Spielberichte

Routinierter sieg der Pasinger Frösche gegen Milbertshofen

Das dritte Heimspiel in der Fischer-von-Erlach Halle versprach eine spannende Partie zu werden.

Die Gegner aus dem Münchner Norden traten mit einer Bilanz von 3 zu 1 und dem Rückenwind des Sieges gegen Tabellenführer Dachau an. Beim DJK waren derweil mit Philipp Sauer (Fuß), Tjorven Rohwer und Fredi Bikandi (beide Urlaub) drei wichtige Akteure nicht am Start.

Das erste Viertel verlief erwartet ausgeglichen – war allerdings von Nervosität im Abschluss auf beiden Seiten geprägt. Durch einige überhastete Aktionen gingen den Pasingern mehrere Bälle verloren, die die Gäste in Punkte verwerten konnten. Die Hausherren konnten aber durch gute Teamverteidigung immer wieder Ballgewinne sichern und kamen bis zum Ende des ersten Viertels wieder auf zwei Punkze heran (15:17). Auf beiden Seiten wurden Würfe aus guten Positionen nicht getroffen.

Im zweiten Durchgang schafften es die Frösche weiterhin effektiv zu verteidigen und daraus resultierende Fast-Breaks wurden erfolgreich abgeschlossen. Als Scorer tat sich einmal mehr Igor Jugaric besonders hervor.

Die guten Ansätze konnten nach der Halbzeit beibehalten werden. Auf die Zone der Milben konnten sich die Frösche schnell einstellen. Der Ball rotierte in den eigenen Reihen und die offenen Würfe wurden getroffen. Zudem wurde unter den Brettern gut gearbeitet und man erarbeitete sich über Offensivrebounds zweite Wurfgelegenheiten. Zum Viertelende war der Vorsprung so auf 22 Punkte angestiegen (61:39)

Coach Kharchenkov nutzte den deutlichen Vorsprung im letzten Viertel für einige Rotationen. Das tat dem Spielfluss der DJKler allerdings nicht gut. Die Ordnung ging zeitweise verloren und man ließ die Gäste kurzzeitig 9 Punkte herankommen. Da aber nur noch 30 Sekunden zu spielen waren, wurde die Partie nicht wirklich knapp. Am Schluss steht ein recht überzeugender Sieg gegen die Nachbarn aus Milbershofen.   

Beim DJK überzeugten Jurakic (25P, 4DR), Sam Scheurich mit einer sehr guten Partie erzielte 16P (2Dr, 11:8 FW), sowie Bojan Stovanovic (11P) und Sebastian Fiß (10P).

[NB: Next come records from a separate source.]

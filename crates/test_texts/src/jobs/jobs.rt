//! A small job, and others that differ from it.

use crate::same::are_same;
use job_grammar::jobs::{Job, Marks, Op, PageLine, needed};
use sgx_types::names::Perm;
use std::process::Abort;

pub const FIRST: &str = "epc 6
enclave A 0x10000 0x10000
tcs 0 1 1 plain
reg 1 1 rw 0 plain
reg 2 1 rw 7 plain
cpu 0
eenter A 0
load 0x2000
eexit
";

const RW: Perm = Perm {
    r: true,
    w: true,
    x: false,
};

const LINES: [PageLine; 3] = [
    PageLine::Tcs {
        page: 0,
        ossa: 1,
        nssa: 1,
        plain: true,
    },
    PageLine::Reg {
        first: 1,
        count: 1,
        perm: RW,
        value: 0,
        plain: true,
    },
    PageLine::Reg {
        first: 2,
        count: 1,
        perm: RW,
        value: 7,
        plain: true,
    },
];

const SCRIPT: [Op; 3] = [
    Op::Enter { enclave: 1, tcs: 0 },
    Op::Load { off: 8192 },
    Op::Exit,
];

// What a job says apart from its lines.
type Head = (u32, Marks, [u8; 32], u64, u64, u32, u32);

const HEAD: Head = (
    6,
    Marks {
        low: 1,
        high: 3,
        scan: 1,
    },
    [0; 32],
    1,
    1,
    1,
    6,
);

pub fn is_first(rt: &impl Abort, job: &Job) {
    let head = (
        job.epc(),
        job.marks(),
        *job.key(),
        job.start_epoch(),
        job.start_version(),
        job.va_pages(),
        needed(job),
    );
    are_same(rt, head, HEAD);
    let counts = (job.plans().len(), job.enclaves().len(), job.scripts().len());
    are_same(rt, counts, (0, 1, 1));
    for enclave in job.enclaves() {
        are_same(
            rt,
            (enclave.base, enclave.size, enclave.expect),
            (65536, 65536, None),
        );
        are_same(rt, enclave.lines.as_slice(), LINES.as_slice());
    }
    for script in job.scripts() {
        are_same(rt, script.as_slice(), SCRIPT.as_slice());
    }
}

pub const ACCEPTED: &str = "\
    lower case|0x2000|0x20f8|Read;\
    a page of state save frames that can also be executed|reg 1 1 rw |reg 1 1 rwx |Read;\
    the greatest value|rw 7|rw 18446744073709551615|Read;\
    the last page|reg 2 1 rw 7|reg 2 1 r 7 plain\nreg 15 1 rx 0|Read;\
    no load|load 0x2000\n||Read;\
    no entry|eenter A 0\n||Read;\
    no exit|eexit\n||Read;\
    no operation|eenter A 0\nload 0x2000\neexit\n||Read;\
    a second entry|eexit\n|eenter A 0\neexit\neexit\n|Read;\
    a page that is measured|rw 7 plain|rw 7|Read;\
    a TCS page that is measured|tcs 0 1 1 plain|tcs 0 1 1|Read;\
    an entry by a second TCS page|cpu 0\neenter A 0|tcs 3 1 1\ncpu 0\neenter A 3|Read;\
    65 pages and as many frames as they need|epc 6\nenclave A 0x10000 0x10000\n|epc 67\nenclave A 0x100000 0x100000\nreg 3 62 r 0 plain\n|Read;\
    4086 pages, a SECS and nine version arrays|epc 6\nenclave A 0x10000 0x10000\n|epc 4096\nenclave A 0x1000000 0x1000000\nreg 3 4083 r 0 plain\n|Read";

pub const CHANGES: &str = "\
    a leading zero|epc 6|epc 06|Read;\
    a sign|epc 6|epc +6|1 Number;\
    hexadecimal where decimal stands|tcs 0|tcs 0x0|Read;\
    decimal where hexadecimal stands|0x2000|8192|Read;\
    upper case|0x2000|0x20F8|Read;\
    two spaces|tcs 0|tcs  0|Read;\
    a tab|tcs 0|tcs\t0|Read;\
    a space at the end|eexit\n|eexit \n|Read;\
    no last line feed|eexit\n|eexit|Read;\
    a blank line|cpu 0\n|\ncpu 0\n|Read;\
    a comment|cpu 0\n|# one\ncpu 0\n|Read;\
    an unknown word|eexit|eleave|9 Word;\
    a word too many|cpu 0|cpu 0 plain|6 Word;\
    no processor|cpu 0\neenter A 0\nload 0x2000\neexit\n||6 Missing;\
    two processors|eexit\n|eexit\ncpu 1\neenter A 0\neexit\n|11 TcsShared;\
    an operation before the first processor|cpu 0\n|eexit\ncpu 0\n|6 Order;\
    an option|enclave A|start 1 1\nenclave A|Read;\
    too few frames|epc 6|epc 5|1 EpcTooSmall { needed: 6 };\
    too many frames|epc 6|epc 4097|1 Range;\
    a base that is no multiple of the size|A 0x10000|A 0x8000|2 Range;\
    a size that is no power of two|0x10000\ntcs|0x18000\ntcs|2 Range;\
    another letter|enclave A|enclave B|2 Order;\
    an entry into an enclave that is not there|eenter A|eenter B|7 Missing;\
    a page past the end|reg 2 1|reg 16 1|5 Range;\
    no page|reg 2 1|reg 2 0|5 Range;\
    more pages than numbers|reg 2 1|reg 2 4294967295|5 Range;\
    a page twice|reg 2 1|reg 1 1|5 Twice;\
    a page without R|reg 2 1 rw|reg 2 1 w|5 Word;\
    a value of more than 8 bytes|rw 7|rw 18446744073709551616|5 Number;\
    another word for plain|rw 7 plain|rw 7 Plain|5 Word;\
    plain twice|rw 7 plain|rw 7 plain plain|5 Word;\
    no state save frame|tcs 0 1 1|tcs 0 1 0|3 Range;\
    a state save page that is not added|tcs 0 1 1|tcs 0 3 1|3 Missing;\
    a state save page without W|reg 1 1 rw|reg 1 1 r|3 Missing;\
    an entry by a REG page|eenter A 0|eenter A 1|7 Missing;\
    65 pages and one frame too few|epc 6\nenclave A 0x10000 0x10000\n|epc 66\nenclave A 0x100000 0x100000\nreg 3 62 r 0 plain\n|Read;\
    4087 pages, which need 4097 frames|epc 6\nenclave A 0x10000 0x10000\n|epc 4096\nenclave A 0x1000000 0x1000000\nreg 3 4084 r 0 plain\n|Read";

Sehr erfreulich auch der Auftritt von Jan Tomaschky (9P,2DR), der anscheinend nun nach langer Rekonvaleszenz zu alter Spielstärke zurück findet.

Bei den Milben konnte Toni Barka überzeugen, mit 15P, 3Dr und 4:4 Fw. Sowie Hillebrecht mit 10P und Martinoni mit 11P.

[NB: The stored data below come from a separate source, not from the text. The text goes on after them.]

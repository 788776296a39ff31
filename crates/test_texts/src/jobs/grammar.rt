//! The grammar of jobs, line by line.

use super::enclaves::DIGEST;
use crate::same::are_same;
use io_edges::plans::PlanLine;
use job_grammar::jobs::{Job, Marks};
use sgx_types::names::Page;
use std::process::Abort;

// A job with a line of each kind but for those of operations.
pub const WHOLE: &str = "epc 40
marks 4 8 2
key 000102030405060708090a0b0c0d0e0f101112131415161718191a1b1c1d1e1f
start 5 9
enclave A 0x10000 0x10000
tcs 0 1 2
reg 1 2 rw 0
reg 3 1 r 7 plain
expect 000102030405060708090a0b0c0d0e0f101112131415161718191a1b1c1d1e1f
enclave B 0x40000 0x8000
tcs 0 1 1 plain
reg 1 3 rwx 0
store fail room 2
store fail put 1
store fail get 3
store drop A 3 1
store flip A 3 0 33215
store replay B 2 1 2
store swap A 1 B 1
cpu 0
eenter A 0
load 0x3000
store 0x2000 5
eexit
cpu 1
eenter B 0
outload A 0x8
timer
eexit
";

// Other spellings of the same job, and other jobs that are valid.
pub const SPELLINGS: &str = "\
    as it stands|epc 40|epc 40|Read;\
    leading zeros|epc 40|epc 000000000000000000000000000000000000000040|Read;\
    a hexadecimal number of frames|epc 40|epc 0x28|Read;\
    digits of either case|load 0x3000|load 0x30F8|Read;\
    a decimal offset|load 0x3000|load 12288|Read;\
    spaces and tabs around words|marks 4 8 2| \tmarks  4\t8 2\t |Read;\
    a blank line|marks 4 8 2|\n \t\nmarks 4 8 2|Read;\
    a comment|marks 4 8 2|#marks 0\n  # \u{fc}\nmarks 4 8 2|Read;\
    no last line feed|timer\neexit\n|timer\neexit|Read;\
    options in another order|marks 4 8 2\nkey 000102030405060708090a0b0c0d0e0f101112131415161718191a1b1c1d1e1f\nstart 5 9|start 5 9\nkey 000102030405060708090a0b0c0d0e0f101112131415161718191a1b1c1d1e1f\nmarks 4 8 2|Read;\
    no option|marks 4 8 2\nkey 000102030405060708090a0b0c0d0e0f101112131415161718191a1b1c1d1e1f\nstart 5 9\n||Read;\
    a key in upper case|1b1c1d1e1f\nstart|1B1C1D1E1F\nstart|Read;\
    the last epoch and version|start 5 9|start 1099511627775 18446744073709551615|Read;\
    the widest marks|marks 4 8 2|marks 1 4096 64|Read;\
    a digest that is expected before the pages|tcs 0 1 2\nreg 1 2 rw 0\nreg 3 1 r 7 plain\nexpect 000102030405060708090a0b0c0d0e0f101112131415161718191a1b1c1d1e1f|expect 000102030405060708090a0b0c0d0e0f101112131415161718191a1b1c1d1e1f\ntcs 0 1 2\nreg 1 2 rw 0\nreg 3 1 r 7 plain|Read;\
    an enclave without pages|store fail room 2|enclave C 0x0 0x2000\nstore fail room 2|Read;\
    a script without operations|load 0x3000\nstore 0x2000 5\neexit\n||Read;\
    two TCS pages that share state save pages|tcs 0 1 2|tcs 9 1 2\ntcs 0 1 2|Read;\
    a state save page that can be executed|reg 1 2 rw 0|reg 1 2 rwx 0|Read;\
    the same TCS page twice by one processor|timer|eresume B 0\neenter B 0|Read;\
    a flip that never comes|store flip A 3 0|store flip A 3 18446744073709551615|Read;\
    a plan that stands twice|store fail put 1|store fail put 1\nstore fail put 1|Read;\
    a record swapped with itself|swap A 1 B 1|swap A 1 A 1|Read;\
    a base at the top of the addresses|enclave B 0x40000 0x8000|enclave B 0x7fffffff8000 0x8000|Read";

// A word is missing, left over, or none of its choices.
pub const WORDS: &str = "\
    a first word in upper case|epc 40|EPC 40|1 Word;\
    a comment behind words|epc 40|epc 40 # frames|1 Word;\
    a word too few|marks 4 8 2|marks 4 8|2 Word;\
    a word too many|start 5 9|start 5 9 1|4 Word;\
    a vertical tab, which separates nothing|marks 4 8|marks 4\x0b8|2 Word;\
    a line of a form feed|marks 4|\x0c\nmarks 4|2 Word;\
    a letter behind H|drop A 3|drop I 3|16 Word;\
    a letter in lower case|enclave A|enclave a|5 Word;\
    two letters|eenter A 0|eenter AA 0|21 Word;\
    permissions without R|3 1 r 7|3 1 w 7|8 Word;\
    permissions in another order|rwx|wrx|12 Word;\
    another word for plain|r 7 plain|r 7 Plain|8 Word;\
    plain twice|r 7 plain|r 7 plain plain|8 Word;\
    a key of 63 digits|1b1c1d1e1f\nstart|1b1c1d1e1\nstart|3 Word;\
    a key with a digit that is none|1b1c1d1e1f\nstart|1b1c1d1e1g\nstart|3 Word;\
    an unknown call|fail room|fail take|13 Word;\
    an unknown plan|store drop|store lose|16 Word;\
    the operation before the first processor|store fail room 2|store 0x2000 1|13 Word;\
    a plan behind the first processor|timer|store fail room 1|28 Word;\
    a word before a number|drop A 3 1|drop I x y|16 Word;\
    a word before the order|marks 4 8 2|enclave Z 1 1\nmarks 4 8 2|2 Word";

// A word in a number's place is none.
pub const NUMBERS: &str = "\
    a sign|epc 40|epc +40|1 Number;\
    a minus|start 5 9|start -5 9|4 Number;\
    an underscore|epc 40|epc 4_0|1 Number;\
    a prefix in upper case|load 0x3000|load 0X3000|22 Number;\
    a prefix alone|load 0x3000|load 0x|22 Number;\
    hexadecimal digits without their prefix|load 0x3000|load 3f00|22 Number;\
    2^64|start 5 9|start 5 18446744073709551616|4 Number;\
    more digits than 2^64 has|reg 1 2 rw 0|reg 1 2 rw 100000000000000000000000|7 Number;\
    a second carriage return|epc 40\n|epc 40\r\r\n|1 Number;\
    a store without a number|timer|store fail 1|28 Number;\
    a number before the order|cpu 0\n|epc x\ncpu 0\n|20 Number";

// A line stands in the wrong part, or out of its turn.
pub const ORDERS: &str = "\
    the frames again|marks 4 8 2|epc 40\nmarks 4 8 2|2 Order;\
    the frames again and out of range|marks 4 8 2|epc 0\nmarks 4 8 2|2 Order;\
    an option before the frames|epc 40\nmarks 4 8 2|marks 4 8 2\nepc 40|2 Order;\
    an option again behind an enclave|enclave B|marks 4 8 2\nenclave B|10 Order;\
    a letter left out|enclave B|enclave C|10 Order;\
    a letter again|enclave B|enclave A|10 Order;\
    pages before the first enclave|enclave A|reg 9 1 r 0\nenclave A|5 Order;\
    pages behind a store line|cpu 0|reg 9 1 r 0\ncpu 0|20 Order;\
    a digest behind a store line|cpu 0|expect 000102030405060708090a0b0c0d0e0f101112131415161718191a1b1c1d1e1f\ncpu 0|20 Order;\
    an enclave behind a processor|store 0x2000 5|enclave C 0x0 0x2000|23 Order;\
    an operation before the first processor|cpu 0\n|timer\ncpu 0\n|20 Order;\
    a processor left out|cpu 1|cpu 2|25 Order;\
    a processor again|cpu 1|cpu 0|25 Order;\
    a processor 17|cpu 1|cpu 17|25 Order";

// An option, a digest or a page stands again.
pub const REPEATS: &str = "\
    marks|start 5 9|marks 4 8 2\nstart 5 9|4 Twice;\
    marks that are out of range|start 5 9|marks 0 0 0\nstart 5 9|4 Twice;\
    a key|start 5 9|key 000102030405060708090a0b0c0d0e0f101112131415161718191a1b1c1d1e1f\nstart 5 9|4 Twice;\
    a start|start 5 9|start 5 9\nstart 0 0|5 Twice;\
    a digest|enclave B|expect 000102030405060708090a0b0c0d0e0f101112131415161718191a1b1c1d1e1f\nenclave B|10 Twice;\
    a page|reg 3 1 r|reg 2 1 r|8 Twice;\
    a TCS page|reg 3 1 r 7 plain|tcs 0 1 1|8 Twice;\
    the greatest count|reg 3 1 r|reg 0 18446744073709551615 r|8 Twice;\
    the greatest page and count over no page|reg 3 1 r|reg 18446744073709551615 18446744073709551615 r|8 Range;\
    no page over a page|reg 3 1 r|reg 1 0 r|8 Range";

// A number is out of its range.
pub const RANGES: &str = "\
    no frame|epc 40|epc 0|1 Range;\
    4097 frames|epc 40|epc 4097|1 Range;\
    no low mark|marks 4 8 2|marks 0 8 2|2 Range;\
    marks that are the same|marks 4 8 2|marks 8 8 2|2 Range;\
    a high mark above 4096|marks 4 8 2|marks 4 4097 2|2 Range;\
    no look a pass|marks 4 8 2|marks 4 8 0|2 Range;\
    65 looks a pass|marks 4 8 2|marks 4 8 65|2 Range;\
    no epoch|start 5 9|start 0 9|4 Range;\
    an epoch past the last|start 5 9|start 1099511627776 9|4 Range;\
    no version|start 5 9|start 5 0|4 Range;\
    no size|0x40000 0x8000|0x40000 0|10 Range;\
    a size of one page|0x40000 0x8000|0x40000 0x1000|10 Range;\
    a size that is too large|0x40000 0x8000|0x2000000 0x2000000|10 Range;\
    a size that is no power of two|0x40000 0x8000|0x30000 0x6000|10 Range;\
    a base that is no multiple|0x40000 0x8000|0x44000 0x8000|10 Range;\
    an end past 2^47|0x40000 0x8000|0x800000000000 0x8000|10 Range;\
    an end past 2^64|0x40000 0x8000|0xffffffffffff8000 0x8000|10 Range;\
    no state save frame|tcs 0 1 2|tcs 0 1 0|6 Range;\
    17 state save frames|tcs 0 1 2|tcs 4 5 17|6 Range;\
    state save frames past the end|tcs 0 1 2|tcs 0 15 2|6 Range;\
    state save frames past 2^64|tcs 0 1 2|tcs 0 18446744073709551615 2|6 Range;\
    a TCS page past the end|tcs 0 1 2|tcs 16 1 2|6 Range;\
    pages past the end|reg 3 1 r|reg 3 14 r|8 Range;\
    pages past 2^64|reg 3 1 r|reg 3 18446744073709551615 r|8 Range;\
    the call 0|fail room 2|fail room 0|13 Range;\
    the get 0|drop A 3 1|drop A 3 0|16 Range;\
    a bit past a record|3 0 33215|3 0 33216|17 Range;\
    the put 0|replay B 2 1 2|replay B 2 1 0|18 Range;\
    an offset that is no multiple of 8|load 0x3000|load 0x3004|22 Range;\
    an offset past the largest enclave|store 0x2000|store 0x1000000|23 Range;\
    an offset past its enclave|outload A 0x8|outload B 0x8000|27 Range;\
    an odd offset in an enclave that is not there|outload A 0x8|outload H 0x4|27 Range";

// What a line names is not there, or a line is missing.
pub const MISSING: &str = "\
    an enclave that is not there|outload A 0x8|outload H 0x8|27 Missing;\
    any offset in an enclave that is not there|outload A 0x8|outload H 0xfffffffffffffff8|27 Missing;\
    a page of an enclave that is not there|drop A 3 1|drop C 3 1|16 Missing;\
    a page that is not added|swap A 1 B 1|swap A 1 B 7|19 Missing;\
    a page number of more than 32 bits|drop A 3 1|drop A 4294967299 1|16 Missing;\
    an entry by a REG page|eenter A 0|eenter A 1|21 Missing;\
    an entry by a page of another enclave|eenter B 0|eenter B 9|26 Missing;\
    an entry into an enclave that is not there|eenter A 0|eenter C 0|21 Missing;\
    a state save page without W|reg 1 2 rw 0|reg 1 1 rw 0\nreg 2 1 rx 0|6 Missing;\
    a state save page that is not added|tcs 0 1 1 plain|tcs 0 4 1 plain|11 Missing;\
    a state save page that is a TCS page|tcs 0 1 1 plain|tcs 0 0 1 plain|11 Missing;\
    no frames|epc 40\n||29 Missing;\
    too few frames|epc 40|epc 9|1 EpcTooSmall { needed: 10 };\
    as many frames as are needed|epc 40|epc 10|Read;\
    a TCS page of another processor|eenter B 0|eenter A 0|26 TcsShared;\
    a resumption by one|timer|eresume A 0|28 TcsShared";

// Changes of a job of one enclave and one processor.
pub const FIRST_CHANGES: &str = "\
    nothing|epc 6\nenclave A 0x10000 0x10000\ntcs 0 1 1 plain\nreg 1 1 rw 0 plain\nreg 2 1 rw 7 plain\ncpu 0\neenter A 0\nload 0x2000\neexit\n||1 Missing;\
    five frames|epc 6|epc 5|1 EpcTooSmall { needed: 6 };\
    another letter|enclave A|enclave B|2 Order;\
    a base that is no multiple|enclave A 0x10000|enclave A 0x8000|2 Range;\
    a page twice|reg 2 1 rw 7|reg 1 1 rw 7|5 Twice;\
    an entry by a REG page|eenter A 0|eenter A 1|7 Missing;\
    an offset that is no multiple of 8|load 0x2000|load 0x2004|8 Range;\
    an offset that is no number|load 0x2000|load 2x|8 Number;\
    a state save page without W|reg 1 1 rw|reg 1 1 r|3 Missing;\
    a second processor by the same TCS page|epc 6\nenclave A 0x10000 0x10000\ntcs 0 1 1 plain\nreg 1 1 rw 0 plain\nreg 2 1 rw 7 plain\ncpu 0\neenter A 0\nload 0x2000\neexit\n|epc 9\nenclave A 0x10000 0x10000\ntcs 0 1 1 plain\nreg 1 1 rw 0 plain\nreg 2 1 rw 7 plain\ncpu 0\neenter A 0\nload 0x2000\neexit\ncpu 1\neenter A 0\n|11 TcsShared;\
    no state save page in too few frames|epc 6\nenclave A 0x10000 0x10000\ntcs 0 1 1|epc 5\nenclave A 0x10000 0x10000\ntcs 0 5 1|3 Missing;\
    a fault in a last line without line feed|load 0x2000\neexit\n|load 0x2004|8 Range;\
    the earlier of two faults|reg 2 1 rw 7 plain\ncpu 0|reg 2 1 rw x plain\ncpu 7|5 Number;\
    a faulty line before too few frames|epc 6\nenclave A 0x10000|epc 5\nenclave A 0x10001|2 Range;\
    4097 pages|cpu 0|enclave B 0x0 0x1000000\nreg 0 4094 r 0\ncpu 0|7 TooMany;\
    4096 pages|cpu 0|enclave B 0x0 0x1000000\nreg 0 4093 r 0\ncpu 0|1 EpcTooSmall { needed: 15 }";

// What the options of a job say, its plans, and how many enclaves, scripts and pages it has.
pub fn is_whole(rt: &impl Abort, job: &Job) {
    let marks = Marks {
        low: 4,
        high: 8,
        scan: 2,
    };
    are_same(
        rt,
        (
            job.epc(),
            job.marks(),
            job.start_epoch(),
            job.start_version(),
        ),
        (40, marks, 5, 9),
    );
    are_same(rt, job.key().as_slice(), DIGEST.as_slice());
    are_same(rt, job.plans(), PLANS);
    are_same(
        rt,
        (job.enclaves().len(), job.scripts().len(), job.pages()),
        (2, 2, 8),
    );
}

const PLANS: &[PlanLine] = &[
    PlanLine::FailRoom { k: 2 },
    PlanLine::FailPut { k: 1 },
    PlanLine::FailGet { k: 3 },
    PlanLine::DropGet {
        page: Page {
            enclave: 1,
            number: 3,
        },
        g: 1,
    },
    PlanLine::Flip {
        page: Page {
            enclave: 1,
            number: 3,
        },
        g: 0,
        bit: 33215,
    },
    PlanLine::Replay {
        page: Page {
            enclave: 2,
            number: 2,
        },
        g: 1,
        w: 2,
    },
    PlanLine::Swap {
        one: Page {
            enclave: 1,
            number: 1,
        },
        other: Page {
            enclave: 2,
            number: 1,
        },
    },
];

OSB Hellenen verlieren das Derby gegen München Basket knapp mit 69:75

Die Heimspielhallen beider Teams liegen nur wenige Kilometer voneinander entfernt. Beide Team standen mit einer 3:1 Bilanz vorne in der Tabelle. Absteiger München Basket will möglichst schnell zurück in die 1. Regionalliga, Aufsteiger OSB Hellenen verfolgt ebenfalls ambitionierte Ziele. Das waren die Vorzeichen für das Münchener Derby. Das Spiel sollte vor allem in Sachen Intensität und Spannung nicht enttäuschen.

Hellenen musste weiterhin auf 2,10 m Center Schmidbauer verzichten. Auch der erfahrene Guard Vasileidis ging angeschlagen in die Partie. Auf Seiten des Heimteams fehlten die Big Guys Arenz und Schuck.

Nach gutem Start folgte schon früh der erste kleien Bruch im Hellenen-Spiel. München Basket konnte vor allem aus der Distanz punkten und entschied die ersten 10 Minuten mit 23:16.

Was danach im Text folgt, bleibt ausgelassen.